We all know that factors related to poverty can limit learning in a number of ways. Lack of quality early-childhood care and education impedes healthy development and kindergarten readiness. Inadequate access to preventive and basic remedial health care substitute sick days and emergency room visits for classroom time and reduce student awareness and focus in class. Hunger makes it hard for kids to concentrate. And a dearth of enriching, stimulating activities after school and over the summer drains away much of what is gained between 9 a.m. and 3 p.m. from September to June.
So-called "no excuses" education reformers distort this fundamental reality by claiming that Broader Bolder advocates and their allies don't believe that poor children can learn. They misrepresent the extensive evidence to suggest that those who understand the struggles wrought by living in poverty believe that parents' bank accounts are the bottom line. They have to engage in such trickery because the link is so logical, no one with common sense would suggest otherwise.
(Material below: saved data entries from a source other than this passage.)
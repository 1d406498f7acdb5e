//! A run.
ghost use Rattle.std.specs.Prelude.{◌≤◌, vec_len, IfOk};
ghost use Rattle.acq_base.specs.Plan.{IsSound};
ghost use Rattle.acq_outside.specs.Stays.{StaysCounting};
ghost use Rattle.lane_jobs.specs.Going.{KeepsLanes};
ghost use Rattle.update_engine.specs.Run.{KeepsMethods, Runs, RunsBetween, TellsBegins, engine, engine_over, run_of};
ghost use Rattle.update_engine.specs.Session.{IsNewPool};

use crate::beginning::begin_run;
use crate::ending::end_run;
use crate::looping::ask_until_done;
use acq_base::{Plan, Settings};
use acq_outside::{Disk, Method};
use commit_journal::open_journal;
use kept_hooks::Judge;
use lane_jobs::Transfers;
use lane_pool::{Lanes, start};
use run_jobs::RunError;
use std::alloc::Global;
use std::sync::Wait;
use std::thread::Threads;
use update_model::RunLog;

/// Updates the lists of a plan over these methods, the first as the coordinator's own and each other one a worker's: opens the
/// journal, reads what is installed, fetches what is asked, several jobs at once, and commits each source's new set as it is
/// ready, or all together at the end; the clean-up comes last. The methods are back in their order, whatever it answers.
///
/// The plan is sound, and there are 1 to 9 methods. `now` is the moment of the run in seconds since 1970-01-01 00:00:00 UTC.
/// `DiskFault` only where the disk's count of faults rose; `BadJournal` just where an opening of the journal tells it, and
/// then no file has changed.
pub fn run_update<
    R: Threads + Wait + Copy + Send + Sync + 'static,
    D: Disk,
    M: Method + Send + 'static,
>(
    rt: &R,
    alloc: Global,
    plan: Plan,
    settings: Settings,
    now: i64,
    together: bool,
    disk: &mut D,
    methods: &mut Vec<M>,
    judge: &Judge,
) -> Result<RunLog, RunError>
    requires methods { (1 ≤ vec_len methods.old) × (vec_len methods.old ≤ 9) }
    requires plan { IsSound plan }

    ensures frame { StaysCounting RunError.DiskFault D.Disk disk.old disk.new result }
    ensures methods { KeepsMethods (engine D.Disk M.Method disk.old methods.old.items) (engine D.Disk M.Method disk.new methods.new.items) }
    ensures run { Runs D.Disk M.Method (run_of plan settings judge.now.change now together)
        disk.old disk.new methods.old.items methods.new.items result }
{
    let workers = (methods.len() - 1) as u32;
    let mut lanes = start(rt, alloc, methods)?;
    let result = run_over(
        rt,
        alloc,
        plan,
        settings,
        now,
        together,
        disk,
        &mut lanes,
        workers.max(1),
        workers as usize,
        judge,
    );
    *methods = lanes.finish(rt);
    result
}

/// Does so over lanes on which nothing was asked yet, with so many queues of hosts and so many workers.
#[tactic(auto, using(crate::proofs::Stepping::lanes_stay))]
fn run_over<R: Threads + Wait + Sync, D: Disk, M: Method + Send + 'static>(
    rt: &R,
    alloc: Global,
    plan: Plan,
    settings: Settings,
    now: i64,
    together: bool,
    disk: &mut D,
    lanes: &mut Lanes<M>,
    queues: u32,
    workers: usize,
    judge: &Judge,
) -> Result<RunLog, RunError>
    requires plan { IsSound plan }
    requires queues { 1 ≤ queues }
    requires lanes { IsNewPool lanes.old }

    ensures frame { StaysCounting RunError.DiskFault D.Disk disk.old disk.new result }
    ensures methods { KeepsLanes lanes.old lanes.new }
    ensures begins { IfOk result (λ log. TellsBegins lanes.old.begins lanes.new.begins log.asks) }
    ensures run { RunsBetween D.Disk (run_of plan settings judge.now.change now together) disk.old disk.new
        (engine_over D.Disk disk.old lanes.old) (engine_over D.Disk disk.new lanes.new) result }
{
    let cleanup = settings.cleanup;
    let mut journal = open_journal(alloc, disk)?;
    let mut board = begin_run(
        rt,
        alloc,
        disk,
        plan,
        settings,
        judge.change,
        now,
        queues,
        workers,
    )?;
    let mut jobs = Transfers::new(alloc, queues)?;
    ask_until_done(
        rt,
        alloc,
        judge,
        together,
        disk,
        &mut journal,
        lanes,
        &mut jobs,
        &mut board,
    )?;
    let log = end_run(alloc, together, cleanup, disk, &mut journal, board)?;
    Ok(log)
}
Last week's Capitol Hill briefing by three national experts -- Sean Reardon from Stanford University, Peter Edelman of the Georgetown Law Center, and David Sciarra from the Education Law Center in Newark -- brought the realities of poverty's impact on education into stark relief. Mr. Reardon cited findings from his chapter in the recent Russell Sage compendium Whither Opportunity to demonstrate that our record and growing income gaps, combined with a tattered social safety net, fundamentally threaten the American Dream. Current U.S. education policies compound, rather than alleviate, these massive income disparities, putting equality of opportunity even further out of reach for large numbers of low-income American students.